A common feature of low-cost carriers is their adherence to a relatively simple set of

business practices – single aircraft type, point to point travel, no or few onboard services
and so on. Yet AirAsia has drifted away from this level of simplicity in its search for
growth. Its strategy of creating hubs and expanding its operations through joint venture
arrangements has been successful so far and it seems likely that the company will expand
further. The airline has dormant subsidiary companies in Hong Kong and Singapore which
could be activated in the future (AirAsia Annual Report 2005) and Fernandes has
suggested that he would like to expand AirAsia’s operations to India – initially beginning
with flights from Malaysia to India (Wang and Ricart 2005, p. 15).
In August 2006, the Singaporean and Malaysian governments touted the strong
possibility of moving to open up the Kuala Lumpur– Singapore route to competition.

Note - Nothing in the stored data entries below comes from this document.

ghost use Rattle.std.specs.Prelude.{◌<◌, ◌≤◌, length};

use rule::Order;

// A number that was read, and the place behind it and the blank after it.
#[derive(Clone, Copy)]
pub struct Word {
    pub value: u16,
    pub next: usize,
}

// A number as a byte, 255 where it is above that: as a flag count and as an operator, refused either way.
pub fn byte(value: u16) -> u8 {
    value.min(255) as u8
}

// The place behind the word at a place and the blank after it.
pub fn behind(text: &[u8], at: usize) -> usize {
    for i in at..text.len() {
        if text[i] == b' ' {
            return i + 1;
        }
    }
    at.max(text.len())
}

// The number at a place: its digits up to a blank or the end. It wraps where std's own reading refuses.
pub fn number(text: &[u8], at: usize) -> Word {
    let mut value: u16 = 0;
    for i in at..text.len() {
        let byte = text[i];
        if byte < b'0' {
            return Word { value, next: i + 1 };
        }
        let digit = u16::from((byte - b'0') % 10);
        value = value.wrapping_mul(10).wrapping_add(digit);
    }
    Word {
        value,
        next: at.max(text.len()),
    }
}

// Writes a byte, where there is a place for it.
fn put(out: &mut [u8], place: usize, byte: u8) {
    if place < out.len() {
        out[place] = byte;
    }
}

// The digits at a place, up to a blank or the end, one to a byte of `out`: how many there are.
pub fn digits(text: &[u8], at: usize, out: &mut [u8]) -> Word {
    let mut count: u16 = 0;
    for i in at..text.len() {
        let byte = text[i];
        if byte < b'0' {
            return Word {
                value: count,
                next: i + 1,
            };
        }
        put(out, count as usize, byte - b'0');
        count = count.saturating_add(1);
    }
    Word {
        value: count,
        next: at.max(text.len()),
    }
}

// The order at a place.
pub fn order(text: &[u8], at: usize) -> Order {
    let mut places = [0u8; 10];
    digits(text, at, &mut places);
    Order { places }
}

// The value of a digit, 0 to 9 or a to f. `to_digit` would take A to F too.
fn digit(character: u8) -> u8
    ensures { result < 16 }
{
    match character {
        b'0'..=b'9' => character - b'0',
        b'a'..=b'f' => character - b'a' + 10,
        _ => 0,
    }
}

// The bytes at a place, two digits each, up to a blank or the end, one to a byte of `out`: how many there are. The word `-` has none.
pub fn bytes(text: &[u8], at: usize, out: &mut [u8]) -> Word {
    let mut count: u16 = 0;
    for i in (at..text.len()).step_by(2) {
        let second = i + 1;
        if text[i] < b'0' {
            return Word {
                value: count,
                next: behind(text, i),
            };
        }
        if text.len() <= second {
            return Word {
                value: count,
                next: i,
            };
        }
        put(
            out,
            count as usize,
            digit(text[i]) * 16 + digit(text[second]),
        );
        count = count.saturating_add(1);
    }
    Word {
        value: count,
        next: at.max(text.len()),
    }
}

// The numbers from a place on, one to a cell: how many there are.
pub fn cells(text: &[u8], at: usize, out: &mut [u16]) -> usize
    ensures { result ≤ length out.new }
{
    let mut next = at;
    for (count, cell) in out.iter_mut().enumerate() {
        if text.len() <= next {
            return count;
        }
        let word = number(text, next);
        *cell = word.value;
        next = word.next;
    }
    out.len()
}

// Where the line at a place ends: at its line end, or at the end of the text.
pub fn line_end(text: &[u8], at: usize) -> usize
    requires { at ≤ length text.now }
    ensures { (at ≤ result) × (result ≤ length text.now) }
{
    match text[at..].iter().position(|byte| *byte == b'\n') {
        Some(place) => at + place,
        None => text.len(),
    }
}
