// The tests of the calls that add no record.
ghost use Rattle.std.specs.Prelude.{◌≡◌};
ghost use Rattle.rule.specs.Answers.{test_number};
ghost use Rattle.rule.specs.Refusals.{refusal, open_rows, constant_rows};

use rule::{Order, Refusal};

// Open's: 1, 4, then 5.
pub fn test_open(n: u8, order: Order, cells: &[u16]) -> Result<(), Refusal>
    ensures { test_number result ≡ refusal (open_rows n order.places cells.now) }
{
    orders::test_order(n, order)?;
    if !cells::fit_cells(cells) {
        return Err(Refusal::CellsLength);
    }
    Ok(())
}

// Constant's: 1, 4, 5, 6, then 9.
pub fn test_constant(
    n: u8,
    order: Order,
    cells: &[u16],
    used: u16,
    value: u16,
) -> Result<(), Refusal>
    ensures { test_number result ≡ refusal (constant_rows n order.places cells.now used value) }
{
    let mut index = [0u16; record_index::INDEX];
    checking::test_records(n, order, cells, used, &mut index)?;
    if 1 < value {
        return Err(Refusal::Argument);
    }
    Ok(())
}
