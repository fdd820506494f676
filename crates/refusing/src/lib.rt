// What the store's calls test of what they are given (document 01, "Refused, by where it is found"): the first row that applies is answered.
#![tactic(auto)]

mod code;
mod making;
mod nodes;
mod plain;

pub use making::{test_fix, test_flag, test_join};
pub use nodes::test_nodes;
pub use plain::{test_constant, test_open};
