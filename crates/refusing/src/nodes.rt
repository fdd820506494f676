ghost use Rattle.std.specs.Prelude.{◌≡◌, [], ◌∷◌};
ghost use Rattle.record_index.specs.Index.{empty_index};
ghost use Rattle.rule.specs.Answers.{test_number};
ghost use Rattle.refusing.specs.Tested.{node_rows, Tested};

use rule::{Order, Refusal};

// The tests of lent cells and three nodes: 1, 4, 5, 6, then 7. A call with fewer nodes names one of them again.
// Where all pass, the used records are entered in the index.
pub fn test_nodes(
    n: u8,
    order: Order,
    cells: &[u16],
    used: u16,
    f: u16,
    g: u16,
    h: u16,
    index: &mut [u16; record_index::INDEX],
) -> Result<(), Refusal>
    requires { index.old ≡ empty_index }
    ensures { Tested (node_rows n order.places cells.now used (f ∷ g ∷ h ∷ [])) cells.now used (test_number result) index.new }
{
    checking::test_records(n, order, cells, used, index)?;
    let last = used + 1;
    if last < f {
        return Err(Refusal::NodeNumber);
    }
    if last < g {
        return Err(Refusal::NodeNumber);
    }
    if last < h {
        return Err(Refusal::NodeNumber);
    }
    Ok(())
}
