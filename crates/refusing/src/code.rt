ghost use Rattle.std.specs.Prelude.{◌≡◌, not, ltb};

use rule::Node;

// Whether a code is an operator's: the one match over the codes refuses the others.
pub fn is_operator(code: u8) -> bool
    ensures { result ≡ not (ltb 15 code) }
{
    let no = Node::NO.number;
    operators::operate(code, no, no).is_ok()
}
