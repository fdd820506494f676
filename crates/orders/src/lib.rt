// The tests that the calls make of a flag count and an order (document 01, refusals 1 and 4).
#![tactic(auto)]

mod order;

pub use order::{fit_order, test_order};
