// The tests of flag, join and fix, all but 10. (Choose has those of three nodes.) Where all pass, the used records are entered in the index.
ghost use Rattle.std.specs.Prelude.{◌≡◌};
ghost use Rattle.rule.specs.Results.{flag, join, fix};
ghost use Rattle.rule.specs.Answers.{test_number};
ghost use Rattle.record_index.specs.Index.{empty_index};
ghost use Rattle.refusing.specs.Tested.{tested_rows, Tested};

use crate::code::is_operator;
use crate::nodes::test_nodes;
use rule::{Order, Refusal};

// Flag's: 1, 4, 5, 6, then 9.
pub fn test_flag(
    n: u8,
    order: Order,
    cells: &[u16],
    used: u16,
    i: u16,
    index: &mut [u16; record_index::INDEX],
) -> Result<(), Refusal>
    requires { index.old ≡ empty_index }
    ensures { Tested (tested_rows n order.places cells.now used (flag i)) cells.now used (test_number result) index.new }
{
    checking::test_records(n, order, cells, used, index)?;
    if n as u16 <= i {
        return Err(Refusal::Argument);
    }
    Ok(())
}

// Join's: 1, 4, 5, 6, 7, then 9.
pub fn test_join(
    n: u8,
    order: Order,
    cells: &[u16],
    used: u16,
    code: u8,
    f: u16,
    g: u16,
    index: &mut [u16; record_index::INDEX],
) -> Result<(), Refusal>
    requires { index.old ≡ empty_index }
    ensures { Tested (tested_rows n order.places cells.now used (join code f g)) cells.now used (test_number result) index.new }
{
    test_nodes(n, order, cells, used, f, g, g, index)?;
    if !is_operator(code) {
        return Err(Refusal::Argument);
    }
    Ok(())
}

// Fix's: 1, 4, 5, 6, 7, then 9.
pub fn test_fix(
    n: u8,
    order: Order,
    cells: &[u16],
    used: u16,
    m: u16,
    i: u16,
    value: u16,
    index: &mut [u16; record_index::INDEX],
) -> Result<(), Refusal>
    requires { index.old ≡ empty_index }
    ensures { Tested (tested_rows n order.places cells.now used (fix m i value)) cells.now used (test_number result) index.new }
{
    test_nodes(n, order, cells, used, m, m, m, index)?;
    if n as u16 <= i {
        return Err(Refusal::Argument);
    }
    if 1 < value {
        return Err(Refusal::Argument);
    }
    Ok(())
}
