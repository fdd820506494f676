// What stands in lent cells and bytes.
ghost use Rattle.std.specs.Prelude.{◌≡◌};
ghost use Rattle.std.specs.List.{list_all};

// Whether each value is the given one.
pub fn each_is<T: PartialEq>(values: &[T], value: &T) -> bool
    ensures { result ≡ list_all (λ x. T.eq x value.now) values.now }
{
    values.iter().all(|x| x == value)
}
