pub static THE_USED_ITEM: [Row; 3] = [
    Row::On(
        Terminal::Insert,
        Taking::Plain,
        &[Form::TheName, Form::TheRel],
    ),
    Row::On(
        Terminal::Delete,
        Taking::Plain,
        &[Form::TheName, Form::TheUsedDeletion],
    ),
    Row::On(
        Terminal::Update,
        Taking::Plain,
        &[
            Form::TheName,
            Form::MaybeWhere,
            Form::Just(Terminal::Colon),
            Form::TheSets,
        ],
    ),
];

pub static THE_DELETION: [Row; 10] = [
    Row::On(Terminal::Where, Taking::Plain, &[Form::TheScalar]),
    Row::On(
        Terminal::Portion,
        Taking::Plain,
        &[Form::TheSomeElements, Form::MaybeWhere],
    ),
    Row::On(
        Terminal::Using,
        Taking::Opens(&[
            Form::TheList,
            Form::Just(Terminal::Colon),
            Form::TheUsingPart,
        ]),
        &[],
    ),
    Row::On(
        Terminal::Extend,
        Taking::Opens(&[Form::TheRel, Form::Just(Terminal::Colon), Form::TheSets]),
        &[Form::MorePostfix, Form::MoreInfix],
    ),
    Row::On(
        Terminal::Summarize,
        Taking::Opens(&[
            Form::TheRel,
            Form::Just(Terminal::By),
            Form::TheNames,
            Form::Just(Terminal::Colon),
            Form::TheAggregates,
        ]),
        &[Form::MorePostfix, Form::MoreInfix],
    ),
    Row::On(
        Terminal::Name,
        Taking::Plain,
        &[Form::MorePostfix, Form::MoreInfix],
    ),
    Row::On(
        Terminal::Relation,
        Taking::Plain,
        &[Form::AfterRelation, Form::MorePostfix, Form::MoreInfix],
    ),
    Row::On(
        Terminal::Open,
        Taking::Opens(&[Form::TheRel, Form::Just(Terminal::Close)]),
        &[Form::MorePostfix, Form::MoreInfix],
    ),
    Row::On(
        Terminal::Pack,
        Taking::Opens(&[Form::TheRel, Form::Just(Terminal::On), Form::TheList]),
        &[Form::MorePostfix, Form::MoreInfix],
    ),
    Row::On(
        Terminal::Unpack,
        Taking::Opens(&[Form::TheRel, Form::Just(Terminal::On), Form::TheList]),
        &[Form::MorePostfix, Form::MoreInfix],
    ),
];
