// Records and frames as numbers.
ghost use Rattle.std.specs.Prelude.{◌≡◌};
ghost use Rattle.numbers.specs.Reading.{read_as, unknown_as, frame_by, decoded_by};

use crate::refused::{NONE, Refused};
use decode::Frame;
use payload::Decoded;
use waymaker_core::error::{DecodeError, Refusal};
use waymaker_core::record::{NO_PART, NO_RECORD, Part, Record, RecordKind, RecordRef};

// A record as it was found, in the form in which it is given, and its free bytes as a part of what it was read from.
// Numbers that its kind lacks are 0.
#[derive(Clone, Copy)]
pub struct ReadRecord {
    pub record: Record,
    pub free: Part,
}

// What decode answers. Where known is 0 the kind is not known, and of the record only the kind says something: C has
// this flag and plain numbers in place of the enum.
#[repr(C)]
#[derive(Clone, Copy)]
pub struct DecodedFrame {
    pub refused: Refused,
    pub known: u8,
    pub format_version: u8,
    pub record: Record,
    pub free: Part,
    pub payload: Part,
    pub frame_len: usize,
    pub frame_crc: u32,
}

// What stands where there is no frame.
const NO_FRAME: DecodedFrame = DecodedFrame {
    refused: NONE,
    known: 0,
    format_version: 0,
    record: NO_RECORD,
    free: NO_PART,
    payload: NO_PART,
    frame_len: 0,
    frame_crc: 0,
};

impl From<RecordRef> for ReadRecord {
    ghost from_gives = { λ found read. read ≡ read_as found };

    #[tactic(auto, unfolding(waymaker_core::specs::Kinds::plain_record))]
    fn from(found: RecordRef) -> ReadRecord {
        let plain = Record::new(found.kind(), found.seq());
        match found {
            RecordRef::RunStarted {
                workflow_kind,
                workflow_version,
                input,
            } => ReadRecord {
                record: Record {
                    workflow_kind,
                    workflow_version,
                    ..plain
                },
                free: input,
            },
            RecordRef::EffectScheduled {
                kind,
                input_len,
                input_crc,
                ..
            } => ReadRecord {
                record: Record {
                    activity: kind,
                    input_len,
                    input_crc,
                    ..plain
                },
                free: NO_PART,
            },
            RecordRef::TimerScheduled {
                clock_kind,
                deadline,
                armed_at,
                ..
            } => ReadRecord {
                record: Record {
                    clock_kind,
                    deadline,
                    armed_at,
                    ..plain
                },
                free: NO_PART,
            },
            RecordRef::VersionMarker { gate, version, .. } => ReadRecord {
                record: Record {
                    gate,
                    version,
                    ..plain
                },
                free: NO_PART,
            },
            RecordRef::TimerFired { .. } => ReadRecord {
                record: plain,
                free: NO_PART,
            },
            RecordRef::EffectCompleted { result: free, .. }
            | RecordRef::EffectFailed { error: free, .. }
            | RecordRef::RunCompleted { result: free }
            | RecordRef::RunFailed { error: free } => ReadRecord {
                record: plain,
                free,
            },
        }
    }
}

fn unknown_as(kind: RecordKind) -> ReadRecord
    ensures { result ≡ unknown_as kind }
{
    ReadRecord {
        record: Record { kind, ..NO_RECORD },
        free: NO_PART,
    }
}

impl From<Frame> for DecodedFrame {
    ghost from_gives = { λ frame given. given ≡ frame_by frame frame.decoded };

    fn from(frame: Frame) -> DecodedFrame {
        let (known, read) = match frame.decoded {
            Decoded::Record(found) => (1, ReadRecord::from(found)),
            Decoded::UnknownKind(kind) => (0, unknown_as(kind)),
        };
        DecodedFrame {
            refused: NONE,
            known,
            format_version: frame.format_version,
            record: read.record,
            free: read.free,
            payload: frame.payload,
            frame_len: frame.frame_len,
            frame_crc: frame.frame_crc,
        }
    }
}

impl From<Result<Frame, DecodeError>> for DecodedFrame {
    ghost from_gives = { λ decoding given. given ≡ decoded_by decoding };

    fn from(decoding: Result<Frame, DecodeError>) -> DecodedFrame {
        match decoding {
            Ok(frame) => DecodedFrame::from(frame),
            Err(error) => DecodedFrame {
                refused: Refused::from(Refusal::from(error)),
                ..NO_FRAME
            },
        }
    }
}
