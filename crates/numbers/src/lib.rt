// Refusals, lengths, settings, records and frames as numbers in structs, in the form in which C takes them.
#![tactic(auto)]

pub mod decoded;
pub mod refused;
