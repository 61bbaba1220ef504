// Refusals, lengths and settings as numbers.
ghost use Rattle.std.specs.Prelude.{◌≡◌, MatchResult};
ghost use Rattle.numbers.specs.Refusing.{not_refused, refused_by, done_by, length_by, frame_length_by, settings_by};

use storage::geometry::Geometry;
use waymaker_core::error::{DecodeError, Refusal};

// Document 01's number of a refusal and the values that come with it; all 0 where nothing is refused. Here and in the
// structs below C takes numbers in place of an enum: each has its refusal and its value side by side, and whether there
// is a place beside the place.
#[repr(C)]
#[derive(Clone, Copy)]
pub struct Refused {
    pub number: u8,
    pub has_place: u8,
    pub needed: u32,
    pub available: u32,
    pub place: u32,
}

#[repr(C)]
#[derive(Clone, Copy)]
pub struct Length {
    pub refused: Refused,
    pub bytes: usize,
}

// The geometry is all 0 where the settings are refused.
#[repr(C)]
#[derive(Clone, Copy)]
pub struct Settings {
    pub refused: Refused,
    pub geometry: Geometry,
}

// Nothing is refused. Here and below zeros are written out: a constant calls no function, and a Default would offer
// values that no call gives.
pub const NONE: Refused = Refused {
    number: 0,
    has_place: 0,
    needed: 0,
    available: 0,
    place: 0,
};

pub const NO_GEOMETRY: Geometry = Geometry {
    bytes: 0,
    program_size: 0,
    read_size: 0,
};

impl From<Refusal> for Refused {
    ghost from_gives = { λ refusal refused. refused ≡ refused_by refusal };

    fn from(refusal: Refusal) -> Refused {
        let place = refusal.place();
        Refused {
            number: refusal.number(),
            has_place: u8::from(place.is_some()),
            needed: refusal.needed(),
            available: refusal.available(),
            place: place.unwrap_or(0),
        }
    }
}

// What C has in place of a Result: the refusal, or none, and the value, or what stands where there is none.
pub fn apart<T: Drop>(answer: Result<T, Refusal>, otherwise: T) -> (Refused, T)
    ensures { MatchResult answer (λ value. result ≡ (not_refused, value)) (λ e. result ≡ (refused_by e, otherwise)) }
{
    match answer {
        Ok(value) => (NONE, value),
        Err(refusal) => (Refused::from(refusal), otherwise),
    }
}

impl From<Result<(), Refusal>> for Refused {
    ghost from_gives = { λ answer refused. refused ≡ done_by answer };

    fn from(answer: Result<(), Refusal>) -> Refused {
        apart(answer, ()).0
    }
}

impl From<Result<usize, Refusal>> for Length {
    ghost from_gives = { λ size length. length ≡ length_by size };

    fn from(size: Result<usize, Refusal>) -> Length {
        let (refused, bytes) = apart(size, 0);
        Length { refused, bytes }
    }
}

// A frame's length likewise.
impl From<Result<usize, DecodeError>> for Length {
    ghost from_gives = { λ size length. length ≡ frame_length_by size };

    fn from(size: Result<usize, DecodeError>) -> Length {
        Length::from(size.map_err(Refusal::from))
    }
}

impl From<Result<Geometry, Refusal>> for Settings {
    ghost from_gives = { λ checked settings. settings ≡ settings_by checked };

    fn from(checked: Result<Geometry, Refusal>) -> Settings {
        // By a match, and not by `apart`: so the compiler stores the region's length in one piece.
        match checked {
            Ok(geometry) => Settings {
                refused: NONE,
                geometry,
            },
            Err(refusal) => Settings {
                refused: Refused::from(refusal),
                geometry: NO_GEOMETRY,
            },
        }
    }
}
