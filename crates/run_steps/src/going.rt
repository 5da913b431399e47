// The steps of a run.
ghost use Rattle.run_ranks.specs.Runnable.{IsRunnable};
ghost use Rattle.run_state.specs.Rests.{Tells};
ghost use Rattle.run_steps.specs.Going.{CanGoOn};
ghost use Rattle.run_work.specs.Ways.{WentOf};

use run_start::Runnable;
use run_state::{Setting, State};
use run_work::{Program, proceed};

/// Goes on for so many further steps, or until a run is over. It takes no memory.
pub fn go(state: &mut State, deck: &Runnable<'_>, setting: &Setting, steps: u64)
    requires runnable { IsRunnable deck.now.units.now deck.now.code.now deck.now.ranks.now }
    requires room { CanGoOn deck.now state.old }
    ensures kept { CanGoOn deck.now state.new }
    ensures went { WentOf deck.now.units.now deck.now.code.now setting.now steps state.old state.new }
    ensures tells { Tells deck.now.code.now setting.now state.new }
{
    let program = Program {
        units: deck.units,
        code: deck.code,
        ranks: deck.ranks,
        setting,
    };
    proceed(state, &program, steps);
}
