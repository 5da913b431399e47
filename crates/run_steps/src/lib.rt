//! The steps of a run.
#![tactic(auto)]

mod going;

pub use going::go;
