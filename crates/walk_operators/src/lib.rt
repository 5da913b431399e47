//! Operators, and operands that are read, along a path.
#![tactic(auto)]

mod elements;
mod leaves;
mod operators;
mod relations;

pub use elements::element_at;
pub use leaves::{constant_of, name_of, truth_of};
pub use operators::{Binary, Unary, binary_value, read_operand, unary_value};
pub use relations::Test;
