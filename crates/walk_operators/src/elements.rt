// Elements of arrays.
ghost use Rattle.std.specs.Prelude.{◌≡◌, length, map, IfOk};
ghost use Rattle.formula.specs.Pool.{AllBelow, tree_of};
ghost use Rattle.walk_operands.specs.Operands.{IsOperandIn, operand_tree};
ghost use Rattle.walk_state.specs.Moments.{Follows, IsWalk, moment};
ghost use Rattle.walk_values.specs.Parts.{Does};
ghost use Rattle.walk_operators.specs.Operators.{element_of};

use edge_io::NoMemory;
use formula::TermId;
use fort_syntax::{Dim, Name};
use walk_elements::place_checked;
use walk_operands::Operand;
use walk_state::Walk;
use walk_terms::element;

/// An element of an array with these dimensions, whose subscripts are checked. It is not read.
pub fn element_at(
    walk: &mut Walk,
    card: u32,
    array: &Name,
    dims: &[Dim],
    subscripts: &[TermId],
) -> Result<Operand, NoMemory>
    requires well { IsWalk walk.old }
    requires subscripts { AllBelow (length walk.old.pool) subscripts.now }
    ensures on { Follows walk.old walk.new }
    ensures is_in { IfOk result (λ x. IsOperandIn (length walk.new.pool) x) }
    ensures did { IfOk result (λ x. Does (moment walk.old) (λ w. element_of w card
        (moment walk.old).now array.now dims.now (map (tree_of walk.old.pool) subscripts.now))
        (moment walk.new) (operand_tree walk.new.pool x)) }
{
    let place = place_checked(walk, card, dims, subscripts)?;
    let whole = walk.term(array)?;
    let Ok(value) = element(&mut walk.pool, whole, place) else {
        return Err(NoMemory);
    };
    Ok(Operand::Part(value))
}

Historically this route has been closed to shuttles run by Malaysian Airlines and Singapore
Airlines. After the announcement, AirAsia issued a press release stating that it would be
interested in flying the route if granted access. In a further announcement in January 2007,
Tony Fernandes reported to media that AirAsia and the related Malaysian regional carrier,
Fly Asian Express (FAX) (of which Tony Fernandes is the majority shareholder) would be
offering long haul, low-cost flights from Kuala Lumpur to destinations in China, India and
Europe from July 2007 (BBC News 2007). The strategy represents a significant break from
the traditional LCC model of short haul only travel and a substantial re-scaling of the
AirAsia brand.
These initiatives are designed to generate growth and revenue but they also
significantly add to the level of operational complexity. Greater levels of business
complexity will mean that AirAsia’s management will face increased coordination
problems in the future, which in our view may only be adequately addressed through
increased investment in the airline’s staff.